§ **ASSIGNMENT**
Without changing a single word, restate the entries below.

§ **DATASET EXTRACT**
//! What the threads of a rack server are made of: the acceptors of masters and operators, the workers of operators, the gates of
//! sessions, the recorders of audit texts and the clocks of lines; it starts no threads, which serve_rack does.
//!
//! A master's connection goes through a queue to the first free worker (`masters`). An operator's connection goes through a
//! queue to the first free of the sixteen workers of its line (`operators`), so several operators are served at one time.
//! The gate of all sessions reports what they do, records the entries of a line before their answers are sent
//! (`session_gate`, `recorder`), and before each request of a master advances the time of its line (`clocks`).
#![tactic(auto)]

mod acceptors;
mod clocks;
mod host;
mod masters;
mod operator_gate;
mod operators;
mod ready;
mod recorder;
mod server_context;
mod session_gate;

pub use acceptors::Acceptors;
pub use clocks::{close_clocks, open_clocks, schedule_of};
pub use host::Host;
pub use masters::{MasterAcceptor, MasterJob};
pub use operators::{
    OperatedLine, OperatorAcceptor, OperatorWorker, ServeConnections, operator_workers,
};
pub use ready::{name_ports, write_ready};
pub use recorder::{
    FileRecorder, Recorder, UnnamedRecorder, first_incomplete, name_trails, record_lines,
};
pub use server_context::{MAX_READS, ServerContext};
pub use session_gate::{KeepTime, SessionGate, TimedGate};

§ **RESPONSE AREA**
//! What the threads of a rack server are made of: the acceptors of masters and operators, the workers of operators, the gates of
//! sessions, the recorders of audit texts and the clocks of lines; it starts no threads, which serve_rack does.
//!
//! A master's connection goes through a queue to the first free worker (`masters`). An operator's connection goes through a
//! queue to the first free of the sixteen workers of its line (`operators`), so several operators are served at one time.
//! The gate of all sessions reports what they do, records the entries of a line before their answers are sent
//! (`session_gate`, `recorder`), and before each request of a master advances the time of its line (`clocks`).
#![tactic(auto)]

mod acceptors;
mod clocks;
mod host;
mod masters;
mod operator_gate;
mod operators;
mod ready;
mod recorder;
mod server_context;
mod session_gate;

pub use acceptors::Acceptors;
pub use clocks::{close_clocks, open_clocks, schedule_of};
pub use host::Host;
pub use masters::{MasterAcceptor, MasterJob};
pub use operators::{
    OperatedLine, OperatorAcceptor, OperatorWorker, ServeConnections, operator_workers,
};
pub use ready::{name_ports, write_ready};
pub use recorder::{
    FileRecorder, Recorder, UnnamedRecorder, first_incomplete, name_trails, record_lines,
};
pub use server_context::{MAX_READS, ServerContext};
pub use session_gate::{KeepTime, SessionGate, TimedGate};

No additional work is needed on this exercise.